Kazuki1450/Qwen3-1.7B-Base_csum_6_10_rel_1e-1_1p0_0p0_1p0_grpo_1_rule
TEXT GENERATIONConcurrency Cost:1Model Size:2BQuant:BF16Ctx Length:32kPublished:Jan 22, 2026Architecture:Transformer Cold

Kazuki1450/Qwen3-1.7B-Base_csum_6_10_rel_1e-1_1p0_0p0_1p0_grpo_1_rule is a 2 billion parameter language model, fine-tuned from Qwen/Qwen3-1.7B-Base. This model leverages the GRPO method, as introduced in the DeepSeekMath paper, to enhance its mathematical reasoning capabilities. It is specifically optimized for tasks requiring robust mathematical problem-solving and logical deduction. The model is suitable for applications where accurate numerical and logical processing is critical.

Loading preview...

Model Overview

This model, developed by Kazuki1450, is a fine-tuned variant of the Qwen3-1.7B-Base architecture, featuring approximately 2 billion parameters and a 40960-token context length. It has been specifically trained using the Transformer Reinforcement Learning (TRL) framework.
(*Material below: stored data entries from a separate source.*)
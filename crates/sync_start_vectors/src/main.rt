// Replays the Rust's answers to the start search, from the files `vectors` and `inner` of long records.
// Operation 0: evaluation b of mode a with the streak c. x is the start, all ones for none, y the streak behind it, z the
// pattern of its quality and, 2^32 times, the start's windows. The payload has the flags and the pieces of the samples.
// Operation 1: a search in mode a over b flags that makes c evaluations. x, y and z are those of the last one. The payload has
// the flags, the c qualities, and the pieces of the samples.
// Operation 2: the first line of window b in mode a that is pulsed in column c. x is the line, all ones for none. The payload has the flags.
#![tactic(auto)]

use replay::payload::{self, Payload};
use replay::tally::{Tally, Verdict};
use replay::{Case, Limit, Longer, Pattern};
use std::alloc::{AllocError, Global};
use std::io;
use sync_start::Evaluation;

// No record has more bytes behind its words.
const LIMIT: Limit = Limit {
    most: 8192,
    longer: Longer::Unread,
};

// Stands for the number of a mode that there is not. Its row is that of the last mode, and no search is made in it.
const NO_MODE: u8 = 255;

// What stands for an evaluation that no search makes: its streak is none.
const IMPOSSIBLE: Evaluation = Evaluation {
    quality: 0.0,
    streak: u64::MAX,
    start: None,
};

// No record has more flags.
const MOST_FLAGS: usize = 40000;

// The flags and samples of a record.
#[derive(Drop)]
struct Sound {
    mode: u8,
    flags: Vec<u8>,
    samples: Vec<f32>,
}

impl Sound {
    // Evaluation j behind a streak. It is lent the flags that are taken then, and the samples that are known.
    fn evaluation(&self, j: u64, streak: u64) -> Evaluation {
        let window = modespec::mode_window_probes(self.mode);
        if self.mode > 15 || window > 65536 || j > 65536 || streak > 65536 {
            return IMPOSSIBLE;
        }
        let taken = window + 64 * j as usize;
        match (self.flags.get(..taken), self.samples.get(..4 * taken + 4)) {
            (Some(flags), Some(samples)) => {
                sync_start::evaluate(self.mode, j as usize, flags, samples, streak)
            }
            _ => IMPOSSIBLE,
        }
    }

    // Whether a search that has made so many evaluations makes no more.
    fn is_searched(&self, made: usize, last: Evaluation) -> bool {
        let window = modespec::mode_window_probes(self.mode);
        last.start.is_some() || self.flags.len() < window || (self.flags.len() - window) / 64 < made
    }
}

// Whether an evaluation is the one recorded.
fn is_recorded(evaluation: Evaluation, case: &Case) -> bool {
    let start = evaluation.start;
    start.map(|start| start.position) == replay::optional(case.x)
        && evaluation.streak == case.y
        && start.map_or(0, |start| u64::from(start.windows)) == case.z >> 32
        && evaluation.quality.has_pattern(replay::low_half(case.z))
}

fn evaluation_is_right(case: &Case, sound: &Sound) -> bool {
    is_recorded(sound.evaluation(case.b, case.c), case)
}

// The last of so many evaluations of a search, none where they have not these qualities, or one comes behind a start. A quality that
// the payload does not hold reads as 0.
fn last_of_search(sound: &Sound, made: u64, qualities: &[u32]) -> Option<Evaluation> {
    let mut last = Evaluation {
        quality: 0.0,
        streak: 0,
        start: None,
    };
    // behind this number all evaluations are one, and no payload has so many qualities
    for j in 0..made.min(65538) {
        if last.start.is_some() {
            return None;
        }
        last = sound.evaluation(j, last.streak);
        let bits = qualities.get(j as usize).copied().unwrap_or(0);
        if !last.quality.has_pattern(bits) {
            return None;
        }
    }
    Some(last)
}

fn search_is_right(case: &Case, sound: &Sound, qualities: &[u32]) -> bool {
    last_of_search(sound, case.c, qualities).is_some_and(|last| sound.is_searched(
        case.c as usize,
        last,
    ) && is_recorded(last, case))
}

// The first line, as it is recorded: all ones for none, and 0 where a number is out of bounds.
fn first_line(sound: &Sound, first: usize, column: u64) -> u64 {
    let spec = modespec::for_mode(sound.mode);
    let width = modespec::pulse_columns(spec, 700);
    if column > 700
        || width > 700
        || modespec::window_lines(spec) > 65536
        || first > sound.flags.len()
    {
        return 0;
    }
    first_line::first_pulsed_line(spec, &sound.flags, first, column as usize, width).map_or(
        u64::MAX,
        |line| line as u64,
    )
}

fn first_line_is_right(case: &Case, sound: &Sound) -> bool {
    case.b <= 65536 && first_line(sound, 64 * case.b as usize, case.c) == case.x
}

// Whether a record's answer is right. One without its payload is wrong.
fn is_right(case: &Case, alloc: Global) -> Result<bool, AllocError> {
    let Some(bytes) = &case.payload else {
        return Ok(false);
    };
    let numbers = payload::half_word_list(bytes, alloc)?;
    let mut payload = Payload::new(&numbers);
    let flags = payload.flags(MOST_FLAGS, alloc)?;
    // of more evaluations than this the payload has no qualities
    let searched = if case.op == 1 && case.c <= 65536 {
        case.c as usize
    } else {
        0
    };
    let qualities = payload.numbers(searched);
    let mut samples = vec![in alloc; 0.0f32; 4 * flags.len() + 4]?;
    payload.samples(&mut samples);
    let mode = if case.a < 16 { case.a as u8 } else { NO_MODE };
    let sound = Sound {
        mode,
        flags,
        samples,
    };
    Ok(match case.op {
        0 => evaluation_is_right(case, &sound),
        1 => search_is_right(case, &sound, qualities),
        2 => first_line_is_right(case, &sound),
        _ => false,
    })
}

// A file that is not there is wrong.
fn main(rt: HostRuntime) -> io::Result<()> {
    let alloc = rt.alloc();
    let mut tally = Tally::of(&["evaluate", "search", "first_pulsed_line"]);
    for path in ["vectors", "inner"] {
        match replay::opened(&rt, path) {
            Some(file) => replay::each_record_limited(
                file,
                alloc,
                LIMIT,
                &mut tally,
                |case: Case| {
                    let right = is_right(&case, alloc)?;
                    Ok(Verdict {
                        kind: case.op,
                        right,
                    })
                },
            )?,
            None => tally.count_cut(),
        }
    }
    tally.report(&rt)
}
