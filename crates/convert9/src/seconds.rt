//! Seconds in decimal digits, cut to whole microseconds. The digits are what counts: no float is used.

use crate::digits::{number_of, signed, split_digits, with_digit};

/// A decimal number, by its parts.
#[derive(Clone, Copy)]
struct Number<'a> {
    is_negative: bool,
    whole: &'a [u8],
    decimals: &'a [u8],
    /// The power of ten.
    power: i32,
}

/// The microseconds that a number of seconds names: digits, with decimals behind a point or without, and a sign where it is below 0.
/// More than an `i64` holds is its limit.
pub(crate) fn read_seconds(text: &[u8]) -> Option<i64> {
    let (number, rest) = split_number(text)?;
    rest.is_empty().then_some(us_of(&number))
}

/// The same, where a power of ten may follow: `e` or `E`, a sign, and one digit or two.
pub(crate) fn read_seconds_with_power(text: &[u8]) -> Option<i64> {
    let (number, rest) = split_number(text)?;
    if rest.is_empty() {
        return Some(us_of(&number));
    }
    let power = read_power(rest)?;
    Some(us_of(&Number { power, ..number }))
}

/// The number that a text begins with, and what comes after it.
fn split_number(text: &[u8]) -> Option<(Number<'_>, &[u8])> {
    let (is_negative, unsigned) = match text {
        [b'-', unsigned @ ..] => (true, unsigned),
        unsigned => (false, unsigned),
    };
    let (whole, rest) = split_digits(unsigned);
    if whole.is_empty() {
        return None;
    }
    let (decimals, rest) = match rest {
        [b'.', behind @ ..] => split_digits(behind),
        rest => (&rest[..0], rest),
    };
    let ends_with_point = decimals.is_empty()
        && whole.len().saturating_add(rest.len()) != unsigned.len();
    if ends_with_point {
        return None;
    }
    let number = Number {
        is_negative,
        whole,
        decimals,
        power: 0,
    };
    Some((number, rest))
}

/// A power of ten.
fn read_power(text: &[u8]) -> Option<i32> {
    let (sign, digits) = match text {
        [b'e' | b'E', sign, digits @ ..] => (*sign, digits),
        _ => return None,
    };
    let are_digits = digits.iter().all(|byte| byte.is_ascii_digit());
    if !are_digits || !matches!(digits.len(), 1 | 2) {
        return None;
    }
    let power = i32::try_from(number_of(digits)).ok()?;
    match sign {
        b'+' => Some(power),
        b'-' => Some(0i32.saturating_sub(power)),
        _ => None,
    }
}

/// The microseconds of a number of seconds, cut downwards.
fn us_of(number: &Number<'_>) -> i64 {
    let (whole, decimals) = (number.whole, number.decimals);
    let places = whole.len().saturating_add(6);
    let places = match u32::try_from(number.power) {
        Ok(more) => places.saturating_add(more as usize),
        Err(_) => places.saturating_sub(number.power.unsigned_abs() as usize),
    };
    let behind = places.saturating_sub(whole.len());
    let us = whole.iter().take(places).fold(0, with_digit);
    let us = decimals.iter().take(behind).fold(us, with_digit);
    let us = (decimals.len()..behind).fold(us, |us, _| us.saturating_mul(10));
    let us = signed(us);
    if !number.is_negative {
        return us;
    }
    let is_cut = has_more(whole, places) || has_more(decimals, behind);
    0i64.saturating_sub(us).saturating_sub(i64::from(is_cut))
}

/// Whether digits have more than zeros from this place on.
fn has_more(digits: &[u8], place: usize) -> bool {
    digits.iter().skip(place).any(|byte| *byte != b'0')
}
Key Differentiator: GRPO Method

A core aspect of this model's training is the application of GRPO (Gradient-based Reward Policy Optimization). This method, detailed in the research paper "DeepSeekMath: Pushing the Limits of Mathematical Reasoning in Open Language Models" (arXiv:2402.03300), is designed to significantly improve a model's mathematical reasoning abilities. By incorporating GRPO, this model aims to excel in complex numerical and logical tasks.

Training Details

The model's fine-tuning process utilized TRL, a library for training language models with reinforcement learning. The specific framework versions used include TRL 0.23.0, Transformers 4.57.1, Pytorch 2.7.1+cu128, Datasets 4.4.1, and Tokenizers 0.22.1.

Recommended Use Cases

  • Mathematical Reasoning: Ideal for problems requiring precise calculations, logical deduction, and understanding of mathematical concepts.
  • Scientific Computing: Can be applied to tasks involving data analysis, formula interpretation, and problem-solving in scientific domains.
  • Educational Tools: Potentially useful for generating explanations or solutions for mathematical problems.